The AtomicBoolean class (which, by the way, has to compete with java.awt.Robot for coolest class name in Java) serves as a good example. At first glance, it seems like an oxymoron. After all, normal operations on Booleans in Java are atomic already. There is supposed to be no possible “in between” state for a Boolean to be misread by any fiesty multithreaded code (as there theoretically could be for long and double values). Instead, the usefulness of the AtomicBoolean wrapper is in its combination operations: compareAndSet() and getAndSet():

    AtomicBoolean bool = new AtomicBoolean( true );
    bool.compareAndSet( expectedValue, newValue );

The compareAndSet() method first performs a comparison to an expected value (true or false in the case of a Boolean) and only if the value matches does it assign the new value. The interesting thing is that both of these operations happen “atomically,” together. This means that there is no possibility of someone changing the value between the time that we checked it and assigned the new value. That may sound like a slim chance anyway, but it’s very important for guaranteeing the semantics of flags. For example, suppose we have a master “shutdown” switch in our application and the thread that sets it wants to perform cleanup on the way out. Using compareAndSet() to test first, we can guarantee that only one thread can possibly set the flag and perform the procedure.

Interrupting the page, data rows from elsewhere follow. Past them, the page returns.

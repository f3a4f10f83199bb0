//! The rows below the covering row.
ghost use Rattle.std.specs.Prelude.{◌≡◌, ◌<◌, ◌≤◌, None};
ghost use Rattle.std.specs.List.{Contains};
ghost use Rattle.row_table.specs.declared.view.HeldRow.{HeldRow as KnownRow};
ghost use Rattle.row_table.specs.Passes.{view_of, kit_of, table_of, IsPassOf};
ghost use Rattle.tree_lock.specs.Zone.{IsZone, IsTable};
ghost use Rattle.tree_lock.specs.Covers.{HoldsAt, IsListOf};
ghost use Rattle.tree_lock.specs.Tries.{IsSameBut};
ghost use Rattle.tree_lock.specs.Descents.{HasLevels};
ghost use Rattle.tree_lock.specs.Stages.{IsStage, IsFresh, AreThere, TakesChild, TakesBelow};

use crate::held::{Held, HeldRow};
use crate::ways::{link_of, met, place_below};
use crate::zone::Zone;
use row_table::{Grabbed, Iron, Pass, Plan};
use table_place::Place;

/// A row at the position of a table.
#[derive(Clone, Copy)]
pub(crate) struct Spot {
    pub row: u32,
    pub place: Place,
}

/// A row that another pass holds.
#[derive(Clone, Copy)]
pub(crate) struct Taken {
    pub row: u32,
    pub seat: u8,
}

/// What stands below an entry.
#[derive(Clone, Copy)]
pub(crate) enum Child {
    /// No row.
    Nothing,
    /// This row, which is held now.
    Got(Spot),
    /// A row that another pass holds.
    Busy(Taken),
}

/// Takes the row that an entry of a held row links, and puts it into the list.
pub(crate) fn take_child<P: Plan>(
    pass: &mut Pass<P>,
    iron: &Iron<P>,
    levels: u8,
    held: &mut Held<P::Row>,
    at: Spot,
    index: u32,
) -> Child
    requires table { IsPassOf iron.now pass.old }
    requires levels { HasLevels levels (view_of pass.old) }
    requires outside { (view_of pass.old).core.stand ≡ None }
    requires list { IsListOf (view_of pass.old).core.held (view_of pass.old).rows held.old.rows }
    requires there { AreThere (view_of pass.old) }
    requires at { HoldsAt (view_of pass.old).rows at.row at.place }
    requires place { IsTable levels at.place }
    requires inside { index < 512 }
    requires fresh { IsFresh levels (view_of pass.old).rows at.place index }
    requires room { (view_of pass.old).layout.rows ≤ held.old.room }
    ensures table { table_of pass.new ≡ table_of pass.old }
    ensures same { kit_of pass.new ≡ kit_of pass.old }
    ensures room { held.new.room ≡ held.old.room }
    ensures takes { TakesChild levels (view_of pass.old) held.old.rows at index result (view_of pass.new) held.new.rows }
{
    let word = pass.look(iron, at.row, index);
    let link = match link_of(word) {
        Some(link) => link,
        None => return Child::Nothing,
    };
    let place = place_below(levels, at.place, index);
    match pass.grab(iron, link.row) {
        Grabbed::Got(content) => {
            held.insert(HeldRow {
                row: link.row,
                place,
                generation: link.generation,
                content,
            });
            Child::Got(Spot {
                row: link.row,
                place,
            })
        }
        Grabbed::Held(seat) => Child::Busy(Taken {
            row: link.row,
            seat,
        }),
        Grabbed::Stale => unreachable!(),
    }
}

/// Takes the linked rows below a held row that the zone meets, parents first, up to one that another pass holds.
pub(crate) fn take_below<P: Plan>(
    pass: &mut Pass<P>,
    iron: &Iron<P>,
    levels: u8,
    zone: &Zone,
    held: &mut Held<P::Row>,
    at: Spot,
) -> Option<Taken>
    requires table { IsPassOf iron.now pass.old }
    requires levels { HasLevels levels (view_of pass.old) }
    requires zone { IsZone levels zone.now }
    requires stage { (top : KnownRow P.Row) × IsStage levels zone.now top (view_of pass.old) held.old.rows }
    requires at { HoldsAt (view_of pass.old).rows at.row at.place }
    requires fresh { IsFresh levels (view_of pass.old).rows at.place 0 }
    requires room { (view_of pass.old).layout.rows ≤ held.old.room }
    ensures table { table_of pass.new ≡ table_of pass.old }
    ensures same { kit_of pass.new ≡ kit_of pass.old }
    ensures kept { IsSameBut (view_of pass.old) (view_of pass.new) }
    ensures epoch { (view_of pass.new).epoch ≡ (view_of pass.old).epoch }
    ensures room { held.new.room ≡ held.old.room }
    ensures stage { (top : KnownRow P.Row) → IsStage levels zone.now top (view_of pass.old) held.old.rows → IsStage levels zone.now top (view_of pass.new) held.new.rows }
    ensures takes { TakesBelow levels zone.now at (view_of pass.old) result (view_of pass.new) }
{
    let entries = met(levels, zone, at.place);
    for index in entries.first..entries.end {
        match take_child(pass, iron, levels, held, at, index) {
            Child::Nothing => {}
            Child::Busy(taken) => return Some(taken),
            Child::Got(child) => match take_below(pass, iron, levels, zone, held, child) {
                Some(taken) => return Some(taken),
                None => {}
            },
        }
    }
    None
}
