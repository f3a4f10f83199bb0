//! The order in which a pass takes positions.
ghost use Rattle.std.specs.Prelude.{◌≡◌, ◌≢◌, ◌⊎◌, ℕ, ◌<◌, ◌≤◌, ◌↔◌, IsTrue, true};
ghost use Rattle.table_place.specs.declared.Place.{Place};
ghost use Rattle.table_place.specs.Place.{span_first, directory, root, entry_place, is_place};
ghost use Rattle.tree_lock.specs.Zone.{IsTable};
ghost use Rattle.tree_lock.specs.Order.{IsSpelled, IsBefore, IsAround};

use table_place::Place;

// The first page of a position's span.
fn first_page(place: Place) -> u128
    requires { IsSpelled place }
    ensures { result ≡ span_first place }
{
    u128::from(place.prefix) << (9 * place.level)
}

/// Whether one position comes before another.
pub(crate) fn is_before(one: Place, other: Place) -> bool
    requires one { IsSpelled one }
    requires other { IsSpelled other }
    ensures { IsTrue result ↔ IsBefore one other }
{
    if one.space != other.space {
        return one.space < other.space;
    }
    let (first, second) = (first_page(one), first_page(other));
    if first != second {
        return first < second;
    }
    one.level > other.level
}

/// "Before" is a strict total order on positions.
pub fn positions_are_in_one_order()
    ensures irreflexive { (a : Place) → ¬ IsBefore a a }
    ensures transitive { (a b c : Place) → IsBefore a b → IsBefore b c → IsBefore a c }
    ensures total { (a b : Place) → a ≢ b → IsBefore a b ⊎ IsBefore b a }
{}

/// A table's position, or the directory's, is before each other one whose span lies in its own.
pub fn a_wider_span_is_before()
    ensures { (levels : ℕ) (a b : Place) → levels < 6 → IsTable levels a → IsTable levels b → IsAround a b → IsBefore a b }
{}

/// A table comes before those to which its entries lead.
pub fn a_table_is_before_its_children()
    ensures roots { (levels space : ℕ) → levels < 6 → IsBefore directory (root levels space) }
    ensures tables { (levels i : ℕ) (p : Place) → 1 ≤ p.level → p.level < 6 → IsBefore p (entry_place levels p i) }
{}

/// The directory and the tables of trees of up to five levels have positions that a position word can spell.
pub fn each_table_has_a_spelled_position()
    ensures directory { IsSpelled directory }
    ensures tables { (levels : ℕ) (p : Place) → levels < 6 → is_place levels p ≡ true → IsSpelled p }
{}
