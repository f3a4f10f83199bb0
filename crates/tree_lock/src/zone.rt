//! Zones: what a call must hold of the page tables.

/// What a call must hold of the page tables.
#[derive(Clone, Copy, Debug, PartialEq, Eq)]
pub enum Zone {
    /// The pages of a range. Where it is strict, the span of the highest row that is held is greater than the range.
    Pages {
        space: u8,
        first: u64,
        count: u64,
        strict: bool,
    },
    /// Every table of a space, and the directory.
    Space {
        space: u8,
    },
    /// The directory alone.
    Directory,
}
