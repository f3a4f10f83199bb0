//! The release of all rows that a pass holds.
ghost use Rattle.std.specs.Prelude.{◌≡◌, ◌+◌, [], length};
ghost use Rattle.row_table.specs.Passes.{view_of, kit_of, table_of, IsPassOf};
ghost use Rattle.tree_lock.specs.Release.{HoldsExactly, MayReleaseAll, Releases, emptied};

use crate::held::{Held, HeldRow};
use row_table::{Iron, Pass, Plan};

// Gives the last row of the list back with its content: a row goes back before the rows above it.
fn release_last<P: Plan>(pass: &mut Pass<P>, iron: &Iron<P>, held: &mut Held<P::Row>, place: u32)
    requires table { IsPassOf iron.now pass.old }
    requires last { place + 1 ≡ length held.old.rows }
    requires each { MayReleaseAll P.meaning held.old.rows (view_of pass.old) }
    ensures table { table_of pass.new ≡ table_of pass.old }
    ensures same { kit_of pass.new ≡ kit_of pass.old }
    ensures room { held.new.room ≡ held.old.room }
    ensures releases { Releases place held.old.rows (view_of pass.old) held.new.rows (view_of pass.new) }
{
    let HeldRow { row, content, .. } = held.remove(place);
    pass.release(iron, row, content);
}

/// Gives all held rows back with their contents, the last one first.
pub fn release_all<P: Plan>(pass: &mut Pass<P>, iron: &Iron<P>, held: &mut Held<P::Row>)
    requires table { IsPassOf iron.now pass.old }
    requires exact { HoldsExactly held.old.rows (view_of pass.old).core.held (view_of pass.old).rows }
    requires each { MayReleaseAll P.meaning held.old.rows (view_of pass.old) }
    ensures table { table_of pass.new ≡ table_of pass.old }
    ensures same { kit_of pass.new ≡ kit_of pass.old }
    ensures empty { (held.new.rows ≡ []) × (held.new.room ≡ held.old.room) }
    ensures releases { view_of pass.new ≡ emptied (view_of pass.old) }
{
    let count = held.rows().len() as u32;
    for released in 0..count {
        release_last(pass, iron, held, count - 1 - released);
    }
}
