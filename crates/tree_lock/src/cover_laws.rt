//! What the passes that cover zones hold, as contracts of functions that do nothing.
ghost use Rattle.std.specs.Prelude.{◌≡◌, ◌↔◌, ℕ, Bool};
ghost use Rattle.row_layout.specs.declared.places.Layout.{Layout};
ghost use Rattle.row_table.specs.Rule.{Table, Holds};
ghost use Rattle.tree_lock.specs.declared.zone.Zone.{Zone};
ghost use Rattle.tree_lock.specs.declared.zone.Zone.TheVariants.{Pages};
ghost use Rattle.tree_lock.specs.Zone.{ZoneHas, IsZone};
ghost use Rattle.tree_lock.specs.Linked.{IsInCover, HasOneTop, IsAbsent, ShownAreHeld, ListsAreCovers, CoversAreApart, CoverStays, GivenStays};

use row_table::Plan;

/// Wherever the rule holds, the cover of each zone of pages has one top.
pub fn a_zone_of_pages_has_one_top<P: Plan>()
    ensures { (k : Layout) (first : P.Book) (s : Table P.Row P.Book P.Entry) → Holds P.meaning k first s
        → (space page count : ℕ) (strict : Bool) → IsZone k.levels (Pages space page count strict) → HasOneTop (Pages space page count strict) s.words }
{}

/// Wherever the rule holds, the cover of a zone of an absent space is row 0 alone.
pub fn an_absent_space_is_covered_by_row_0<P: Plan>()
    ensures { (k : Layout) (first : P.Book) (s : Table P.Row P.Book P.Entry) → Holds P.meaning k first s
        → (zone : Zone) (space page : ℕ) → IsZone k.levels zone → ZoneHas zone space page → IsAbsent s.words space → (row : ℕ) → IsInCover zone s.words row ↔ (row ≡ 0) }
{}

/// Wherever the rule holds, a pass whose view tells that it covers a zone holds the rows of the zone's cover by the links
/// that stand in the words, and no others.
pub fn a_pass_that_covers_a_zone_holds_its_cover<P: Plan>()
    ensures { (k : Layout) (first : P.Book) (s : Table P.Row P.Book P.Entry) → Holds P.meaning k first s → ShownAreHeld k s }
{}

/// Wherever the rule holds, the list of such a pass has the rows of the cover, and no others.
pub fn the_list_of_a_cover_has_its_rows<P: Plan>()
    ensures { (k : Layout) (first : P.Book) (s : Table P.Row P.Book P.Entry) → Holds P.meaning k first s → ListsAreCovers k s }
{}

/// Wherever the rule holds, no two passes hold covers of zones that share a page of one space.
pub fn two_passes_cover_no_common_page<P: Plan>()
    ensures { (k : Layout) (first : P.Book) (s : Table P.Row P.Book P.Entry) → Holds P.meaning k first s → CoversAreApart k s }
{}

/// Rows with the same numbers, positions and entry words are covers of the same zones. So a cover stays over each call that leaves
/// these of the held rows. A turn, a sample and a wait leave the rows as they are; what a give changes of them is none of these.
pub fn a_cover_stays_with_its_rows<P: Plan>()
    ensures stays { CoverStays P.Row }
    ensures given { GivenStays P.Row }
{}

The getAndSet() method simply assigns the new value and returns the old value in the same, safe way. It’s a little harder to see how this applies to a Boolean, so let’s move on to AtomicInteger and AtomicLong. These numeric types have additional arithmetic combination operations:

    int getAndIncrement()
    int getAndDecrement()
    int getAndAdd(int delta)
    int incrementAndGet()
    int decrementAndGet()
    int addAndGet(int delta)

getAndIncrement() increments the value and then returns the previous value. incrementAndGet() does the converse, returning the new value. These operations are very useful for generating unique serial numbers. For example:

    AtomicInteger serialNum = new AtomicInteger(0);

    public int nextSerialNumber() {
        return serialNum.getAndIncrement();
    }

We could have accomplished the same thing by synchronizing the method, but this is simpler and may be much faster.

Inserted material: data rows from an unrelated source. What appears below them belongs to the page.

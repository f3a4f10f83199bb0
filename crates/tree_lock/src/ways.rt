//! Which entries of a row lead to positions that a zone meets.
ghost use Rattle.std.specs.Prelude.{◌≡◌, ℕ, ◌+◌, ◌^◌, ◌<◌, ◌≤◌, true, false, MatchOption};
ghost use Rattle.table_place.specs.Place.{is_place, entry_place};
ghost use Rattle.walk_core.specs.Words.{is_link, link_row, link_generation};
ghost use Rattle.tree_lock.specs.Zone.{IsZone, IsTable, IsMet, Meets, Spans};
ghost use Rattle.tree_lock.specs.Ways.{IsWay, Cuts};

use crate::zone::Zone;
use pte_word::{Pte, entries_are_those_of_the_core, read_word};
use table_place::Place;

/// How a descent goes on from a row whose span has the zone.
#[derive(Clone, Copy)]
pub(crate) enum Way {
    /// A link in this entry leads on: the position below it has the zone in its span.
    Down(u32),
    /// The zone is strict and is just the span of the position below this entry.
    Just(u32),
    /// The zone meets several entries, or it is no range of pages.
    Here,
}

/// The entries from the first one up to the end.
#[derive(Clone, Copy)]
pub(crate) struct Entries {
    pub first: u32,
    pub end: u32,
}

/// What a link leads to.
#[derive(Clone, Copy)]
pub(crate) struct Link {
    pub row: u32,
    pub generation: u64,
}

/// The link that a word spells.
pub(crate) fn link_of(word: u64) -> Option<Link>
    ensures { MatchOption result (is_link word ≡ false) (λ l. (is_link word ≡ true) × (l.row ≡ link_row word) × (l.generation ≡ link_generation word)) }
{
    entries_are_those_of_the_core();
    match read_word(word) {
        Ok(Pte::Table { row, generation }) => Some(Link { row, generation }),
        Ok(Pte::Empty) => None,
        Ok(Pte::Leaf { .. }) => None,
        Err(_) => None,
    }
}

/// How many pages the span of a table of this level has.
fn span_pages(level: u8) -> u64
    requires { level < 5 }
    ensures value { result ≡ 512 ^ level }
    ensures some { 0 < result }
{
    match level {
        0 => 1,
        1 => 512,
        2 => 262_144,
        3 => 134_217_728,
        _ => 68_719_476_736,
    }
}

/// The position to which an entry leads. The directory alone is above the roots.
pub(crate) fn place_below(levels: u8, place: Place, index: u32) -> Place
    requires levels { levels < 6 }
    requires inside { index < 512 }
    requires table { IsTable levels place }
    requires child { is_place levels (entry_place levels place index) ≡ true }
    ensures { result ≡ entry_place levels place index }
{
    if place.level > levels {
        return Place {
            space: index as u8,
            level: levels,
            prefix: 0,
        };
    }
    Place {
        space: place.space,
        level: place.level - 1,
        prefix: 512 * place.prefix + u64::from(index),
    }
}

/// How a descent to the zone goes on from a position that has the zone in its span.
pub(crate) fn way_on(levels: u8, zone: &Zone, place: Place) -> Way
    requires levels { levels < 6 }
    requires zone { IsZone levels zone.now }
    requires table { IsTable levels place }
    requires spans { Spans zone.now place }
    ensures { IsWay levels zone.now place result }
{
    let Zone::Pages {
        space,
        first,
        count,
        strict,
    } = *zone
    else {
        return Way::Here;
    };
    if place.level > levels {
        return Way::Down(u32::from(space));
    }
    let pages = span_pages(place.level - 1);
    let low = first / pages;
    if low != (first + count - 1) / pages {
        return Way::Here;
    }
    let index = (low % 512) as u32;
    if strict && count == pages {
        Way::Just(index)
    } else {
        Way::Down(index)
    }
}

// The entries of a table below the directory that lead to pages of a range.
fn met_by_pages(first: u64, count: u64, place: Place) -> Entries
    requires some { 1 ≤ count }
    requires few { first + count < 2 ^ 45 }
    requires level { (1 ≤ place.level) × (place.level < 6) }
    requires prefix { place.prefix < 2 ^ 36 }
    ensures { Cuts first count place result.first result.end }
{
    let pages = span_pages(place.level - 1);
    let before = 512 * place.prefix;
    let low = (first / pages).saturating_sub(before).min(512);
    let end = ((first + count - 1) / pages + 1)
        .saturating_sub(before)
        .min(512);
    Entries {
        first: low as u32,
        end: end as u32,
    }
}

// The one entry of the directory that leads to a space.
fn met_by_space(space: u8) -> Entries
    ensures { (result.first ≡ space) × (result.end ≡ space + 1) }
{
    Entries {
        first: u32::from(space),
        end: u32::from(space) + 1,
    }
}

/// The entries that lead to positions which the zone meets.
pub(crate) fn met(levels: u8, zone: &Zone, place: Place) -> Entries
    requires levels { levels < 6 }
    requires zone { IsZone levels zone.now }
    requires met { IsMet levels zone.now place }
    ensures inside { (index : ℕ) → result.first ≤ index → index < result.end → (index < 512) × Meets zone.now (entry_place levels place index) }
    ensures all { (index : ℕ) → index < 512 → Meets zone.now (entry_place levels place index) → (result.first ≤ index) × (index < result.end) }
{
    match *zone {
        Zone::Directory => Entries { first: 0, end: 0 },
        Zone::Space { space } => {
            if place.level > levels {
                met_by_space(space)
            } else {
                Entries { first: 0, end: 512 }
            }
        }
        Zone::Pages {
            space,
            first,
            count,
            ..
        } => {
            if place.level > levels {
                met_by_space(space)
            } else {
                met_by_pages(first, count, place)
            }
        }
    }
}
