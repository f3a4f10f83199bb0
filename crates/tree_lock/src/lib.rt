//! The lock on a subtree of the page tables: the rows that cover a zone.
#![tactic(auto)]

mod attempt;
mod below;
mod cover_laws;
mod descent;
mod held;
mod order;
mod release;
mod waiting;
mod ways;
mod zone;

pub use attempt::{Tried, try_cover};
pub use cover_laws::{
    a_cover_stays_with_its_rows, a_pass_that_covers_a_zone_holds_its_cover,
    a_zone_of_pages_has_one_top, an_absent_space_is_covered_by_row_0,
    the_list_of_a_cover_has_its_rows, two_passes_cover_no_common_page,
};
pub use held::{Held, HeldRow};
pub use order::{
    a_table_is_before_its_children, a_wider_span_is_before, each_table_has_a_spelled_position,
    positions_are_in_one_order,
};
pub use release::release_all;
pub use waiting::cover;
pub use zone::Zone;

Object-type references can also be wrapped for atomic operations, including compareAndSet() and getAndSet(). The AtomicReference class is generic and parameterized by the type of reference it wraps:

    AtomicReference<Node> ref = new AtomicReference<Node>( node );
    ref.compareAndSet( null, newNode );

Weak implementations

The compareAndSet() method has a strange twin named weakCompareAndSet(), which has the dubious distinction that it simply may not work when called. It is, however, nice enough to tell you when it doesn’t work by returning false. What’s the point of this? Well, by allowing this fuzziness, Java may be able to make the implementation of the weak method much faster than the “certain” one. You can loop and retry the weak method instead and it may improve performance on some architectures. This is all because the Java VM may be able to map these kinds of atomic operations all the way down to the hardware level for performance, but restrictions may apply that make it difficult to guarantee.

Field updaters

The atomic package also supplies a set of “field update” utilities for each of the types that it can wrap. These utilities use reflection (see Chapter 7) to perform the kinds of atomic operations we described previously on “naked” primitive types that are not already wrapped in their atomic wrapper classes. The field updaters work on variables in an object by name and type. The catch is that atomicity is guaranteed only with respect to other callers that use the field updaters or the regular atomic wrapper classes. No guarantees are made with respect to other threads that address the variables in arbitrary ways.